Хлеба же выдавали буханку на пять человек. И самый справедливый в группе резал хлеб на куски, подрезывал, отнимал от одного куска и добавлял к другому несколько крошек.
– Кому? – спрашивал он отвернувшегося казака, указывая на кусок.
– Кому? Кому? Кому? – неслось со всех сторон, от тысяч и тысяч людей.
– Мине, табе, Митрию, Ягору, взводному, ахвицерьям, – слышалось в ответ.
Знаменитым на весь Чилингир был «соус», приготовляемый в Гундоровском и седьмом казачьих полках. В кипящую воду высыпали кофе, который казаки не любили, потом туда клали консервы и сдабривали жиром. В некоторых взводах особо тонкие кулинары клали в «соус» еще и подболтку из щуки.
«Соус» был популярен, так как с ним казалась милее жизнь и вкуснее всегдашняя похлебка из чечевицы…
Рапорт дивизионного врача 3-й Донской дивизии от 10 декабря 1920 года за № 145/е:
«Доношу, что по сие время в лагере Чилингир было 18 случаев заболеваний, подозрительных по холере, из них 7 смертных. Для заразных больных отведен отдельный сарай, который приспособляется, и туда сегодня будут переведены все подозрительные. Ввиду скученности населения лагеря, нет возможности правильно вести надзор за заболевающими и вовремя их выделять. Нет дезинфекционных средств. Кухонь в лагере недостаточно и совершенно нет кипятильников. Нет дров и угля, посему запретить пользование сырой водой невозможно. Нет печей, посему люди при настоящей сырой погоде не высыхают, что предрасполагает к заболеваниям. Недостаточно материала, чтобы заделать дыры в окнах и крышах. Если все это останется в прежнем виде, эпидемия примет массовый характер Донврач, статский советник А. СТЕПАНКОВСКИЙ».[7]
15 января 1920 года, ставка командира III армейского корпуса, Крым, Россия
…Метель, занявшись в ночи, не утихла и к утру. Термометр, повешенный на штабном салон-вагоне генерала Слащова, упорно показывал минус 22. Сотник Фрост, пятый раз за утро выбегая из жарко натопленного вагона и кутаясь в бекешу, озабоченно постучал по градуснику, как будто это могло поднять температуру в степях… К одиннадцати утра юнкера Константиновского училища, батальоном стоявшие у Армянска, отбили уже три атаки красных, каждый раз контратакуя и бросаясь в штыки. Но силы были слишком неравны, и под ударами конницы юнкера возвращались в окопы.
– Ваше Превосходительство! – вырос перед Слащовым сотник Фрост. – Адъютант капитан Калачев, посланный к константиновцам, убит вместе с ординарцем…

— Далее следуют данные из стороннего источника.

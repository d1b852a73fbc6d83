use hk_words::Reply;

/// What one step of a call did.
#[derive(Clone, Copy, Debug, PartialEq, Eq)]
pub enum Step {
    /// The call has places left.
    Going,
    /// The call is done.
    Ended(Outcome),
}

/// How a call ended.
#[derive(Clone, Copy, Debug, PartialEq, Eq)]
pub enum Outcome {
    /// The call was done, with this reply.
    Done(Reply),
    /// The words used in this cycle, as the call found them, left too few for the object.
    Full { words: u64 },
}

/// Why a call was not begun. Nothing was changed.
#[derive(Clone, Copy, Debug, PartialEq, Eq)]
pub enum Fault {
    /// The seat has begun as many calls as it can.
    Spent,
    /// The register that the call goes through is null.
    Nil,
    /// The object has no such field.
    Field,
}
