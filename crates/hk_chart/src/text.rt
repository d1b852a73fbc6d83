//! Bytes that grow.
ghost use Rattle.std.specs.Prelude.{◌≡◌, ◌++◌, ◌∷◌, [], IfOk};

use std::alloc::{AllocError, Global};
use std::marker::Model;

/// Bytes that grow. A contract sees their list.
#[derive(Drop)]
pub struct Text {
    items: Vec<u8>,
}

impl Model for Text {
    ghost use Rattle.std.specs.Prelude.{List, ℕ};

    ghost Value = { List ℕ };

    ghost view = { λ text. text.items.items };
}

impl Text {
    /// None.
    pub fn new(alloc: Global) -> Text
        ensures { result ≡ [] }
    {
        Text {
            items: Vec::new(alloc),
        }
    }

    /// The bytes.
    pub fn bytes(&self) -> &[u8]
        ensures { result.now ≡ self.now }
    {
        self.items.as_slice()
    }

    /// Adds some bytes.
    pub fn add(&mut self, bytes: &[u8]) -> Result<(), AllocError>
        ensures { IfOk result (λ _. self.new ≡ self.old ++ bytes.now) }
    {
        self.items.extend_from_slice(bytes)?;
        Ok(())
    }

    /// Adds a byte.
    pub fn add_byte(&mut self, byte: u8) -> Result<(), AllocError>
        ensures { IfOk result (λ _. self.new ≡ self.old ++ byte ∷ []) }
    {
        self.items.push(byte)?;
        Ok(())
    }

    /// Takes all of them away.
    pub fn clear(&mut self)
        ensures { self.new ≡ [] }
    {
        self.items.clear();
    }
}
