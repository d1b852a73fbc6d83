//! Writes a picture.
ghost use Rattle.std.specs.Prelude.{◌<◌, ◌≤◌, ◌^◌, ◌++◌, IfOk, OnOk, OnErr};
ghost use Rattle.std.specs.List.{flat_map};
ghost use Rattle.std.specs.Io.KnownBytes.{Appends};
ghost use Rattle.hk_io.specs.Bytes.{AppendsPrefix, AppendsFront};
ghost use Rattle.hk_io.specs.Faults.{HasCause};
ghost use Rattle.hk_chart.specs.Framed.{framed, IsFrame};
ghost use Rattle.hk_chart.specs.Drawing.{whole_mark, part_text, texts_of};

use crate::caption::{between, bottom, middle, owed_start, top};
use crate::chart::Chart;
use crate::drawing::{
    collector_rise_line, idle_rise_line, owed_fall_line, rectangle_line, stroke_line, title_line,
};
use crate::progress::Progress;
use crate::shape::Shape;
use crate::span::Span;
use crate::task::Task;
use crate::text::Text;
use hk_io::{Failed, Gather, Sink, put_all};
use std::alloc::{AllocError, Global};

/// A part of a picture that has a text for each shape.
#[derive(Clone, Copy, Debug, PartialEq, Eq)]
pub enum Part {
    /// The rectangles.
    Bars,
    /// The marks.
    Marks,
    /// The curve of what the collector owed at least.
    Owed,
    /// The curve of the collector's ticks.
    Collector,
    /// The curve of nobody's ticks.
    Idle,
}

/// What stands around the shapes of a picture.
#[derive(Drop)]
pub struct Frame {
    pub top: Text,
    pub owed: Text,
    pub middle: Text,
    pub between: Text,
    pub bottom: Text,
}

/// Makes what stands around the shapes of a picture.
pub fn frame_of(alloc: Global, span: Span, chart: &Chart) -> Result<Frame, AllocError>
    requires first { span.first < 2 ^ 32 }
    requires ticks { span.ticks ≤ 2 ^ 32 }
    requires some { 0 < span.ticks }
    ensures { IfOk result (IsFrame span chart.now) }
{
    Ok(Frame {
        top: top(alloc, span, chart)?,
        owed: owed_start(alloc, span, chart)?,
        middle: middle(alloc, span)?,
        between: between(alloc, span)?,
        bottom: bottom(alloc, span, chart)?,
    })
}

/// Writes a text behind what waits.
#[tactic(auto, using(hk_io::proofs::BytesLemmas::gathered))]
fn put_text<K: Sink>(text: &Text, gather: &mut Gather, sink: &mut K) -> Result<(), Failed>
    ensures ok { OnOk result (AppendsFront (K.taken sink.old) (K.taken sink.new) (gather.old ++ text.now) gather.new) }
    ensures prefix { OnErr result (AppendsPrefix (K.taken sink.old) (K.taken sink.new) (gather.old ++ text.now)) }
    ensures cause { HasCause (K.faults sink.old) (K.faults sink.new) result }
{
    gather.flush(sink)?;
    put_all(sink, text.bytes())
}

/// Writes a mark behind what waits.
#[tactic(auto, using(crate::proofs::Joined::joined), unfolding(crate::specs::Drawing::whole_mark))]
fn put_mark<K: Sink>(
    progress: &Progress,
    tasks: &[Task],
    shape: Shape,
    gather: &mut Gather,
    sink: &mut K,
) -> Result<(), Failed>
    ensures ok { OnOk result (AppendsFront (K.taken sink.old) (K.taken sink.new) (gather.old ++ whole_mark progress.now tasks.now shape) gather.new) }
    ensures prefix { OnErr result (AppendsPrefix (K.taken sink.old) (K.taken sink.new) (gather.old ++ whole_mark progress.now tasks.now shape)) }
    ensures cause { HasCause (K.faults sink.old) (K.faults sink.new) result }
{
    gather.push(sink, stroke_line(progress, shape).bytes())?;
    gather.push(sink, title_line(tasks, shape).bytes())
}

/// Writes the text of a part for a shape behind what waits.
fn put_shape<K: Sink>(
    part: Part,
    progress: &Progress,
    tasks: &[Task],
    shape: Shape,
    gather: &mut Gather,
    sink: &mut K,
) -> Result<(), Failed>
    ensures ok { OnOk result (AppendsFront (K.taken sink.old) (K.taken sink.new) (gather.old ++ part_text part progress.now tasks.now shape) gather.new) }
    ensures prefix { OnErr result (AppendsPrefix (K.taken sink.old) (K.taken sink.new) (gather.old ++ part_text part progress.now tasks.now shape)) }
    ensures cause { HasCause (K.faults sink.old) (K.faults sink.new) result }
{
    match part {
        Part::Bars => gather.push(sink, rectangle_line(progress, shape).bytes()),
        Part::Marks => put_mark(progress, tasks, shape, gather, sink),
        Part::Owed => gather.push(sink, owed_fall_line(shape).bytes()),
        Part::Collector => gather.push(sink, collector_rise_line(shape).bytes()),
        Part::Idle => gather.push(sink, idle_rise_line(shape).bytes()),
    }
}

/// Writes a part behind what waits.
fn put_shapes<K: Sink>(
    part: Part,
    progress: &Progress,
    tasks: &[Task],
    shapes: &[Shape],
    gather: &mut Gather,
    sink: &mut K,
) -> Result<(), Failed>
    ensures ok { OnOk result (AppendsFront (K.taken sink.old) (K.taken sink.new) (gather.old ++ flat_map (part_text part progress.now tasks.now) shapes.now) gather.new) }
    ensures prefix { OnErr result (AppendsPrefix (K.taken sink.old) (K.taken sink.new) (gather.old ++ flat_map (part_text part progress.now tasks.now) shapes.now)) }
    ensures cause { HasCause (K.faults sink.old) (K.faults sink.new) result }
{
    for shape in shapes {
        put_shape(part, progress, tasks, *shape, gather, sink)?;
    }
    Ok(())
}

/// Writes a part of a picture behind what waits.
fn put_part<K: Sink>(
    part: Part,
    chart: &Chart,
    gather: &mut Gather,
    sink: &mut K,
) -> Result<(), Failed>
    ensures ok { OnOk result (AppendsFront (K.taken sink.old) (K.taken sink.new) (gather.old ++ texts_of part chart.now) gather.new) }
    ensures prefix { OnErr result (AppendsPrefix (K.taken sink.old) (K.taken sink.new) (gather.old ++ texts_of part chart.now)) }
    ensures cause { HasCause (K.faults sink.old) (K.faults sink.new) result }
{
    put_shapes(
        part,
        &chart.progress,
        chart.tasks.all(),
        chart.shapes.all(),
        gather,
        sink,
    )
}

/// Writes a picture.
#[tactic(auto, using(hk_io::proofs::BytesLemmas::gathered))]
pub fn put_picture<K: Sink>(frame: &Frame, chart: &Chart, sink: &mut K) -> Result<(), Failed>
    ensures ok { OnOk result (Appends (K.taken sink.old) (K.taken sink.new) (framed frame.now chart.now)) }
    ensures prefix { OnErr result (AppendsPrefix (K.taken sink.old) (K.taken sink.new) (framed frame.now chart.now)) }
    ensures cause { HasCause (K.faults sink.old) (K.faults sink.new) result }
{
    let mut gather = Gather::new();
    put_text(&frame.top, &mut gather, sink)?;
    put_part(Part::Bars, chart, &mut gather, sink)?;
    put_part(Part::Marks, chart, &mut gather, sink)?;
    put_text(&frame.owed, &mut gather, sink)?;
    put_part(Part::Owed, chart, &mut gather, sink)?;
    put_text(&frame.middle, &mut gather, sink)?;
    put_part(Part::Collector, chart, &mut gather, sink)?;
    put_text(&frame.between, &mut gather, sink)?;
    put_part(Part::Idle, chart, &mut gather, sink)?;
    put_text(&frame.bottom, &mut gather, sink)?;
    gather.flush(sink)
}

Слащов не пошевелился. С Нового года это был уже третий его адъютант, погибший в бою.
– Разрешите, господин генерал-майор? – Нина, тихо сидевшая в дальнем углу вагона, встала перед мужем. – Разрешите мне, господин генерал-майор?
Тишина в вагоне, смешанная с клубами дыма, стала плотной, как вата. Офицеры штаба молчали, не двигался Фрост. Первой мыслью Слащова было отправить жену под деликатным предлогом куда-нибудь в безопасное место, но Нина официально числилась в белой армии под именем мичмана Нечволодова, и генерал понял, что больше никогда не сможет смотреть в глаза посылаемым им на смерть людям, если сейчас прикроет, спасет, спрячет под крыло единственного человека на Земле, ради которого он еще был жив.
Брат Нины капитан Трубецкой сделал движение и осел, сдал назад, пригвожденный к месту обжигающе ледяным взглядом огромных серо-голубых глаз сестры.
Нина повернулась к мужу. Она смотрела ему прямо в глаза, вся ее ладная фигурка в аккуратно пригнанной форме выражала спокойствие, и только лицо покрылось алыми пятнами, выдавая напряжение.
– Приказ полковнику Сребницкому, – встав, отчетливо заговорил Слащов. – В 13 ноль-ноль атаковать противника всеми силами, восстановить положение на вверенном ему участке Перекопск. К 15 часам об исполнении доложить. Помогу артиллерией. Все.
Нина козырнула и, повернувшись на каблуке через левое плечо, вышла. Метель швырнула ей в лицо полные пригоршни колкого мелкого снега, ветер рванул крючки полушубка, леденя грудь, и вогнал обратно в горло пар дыхания.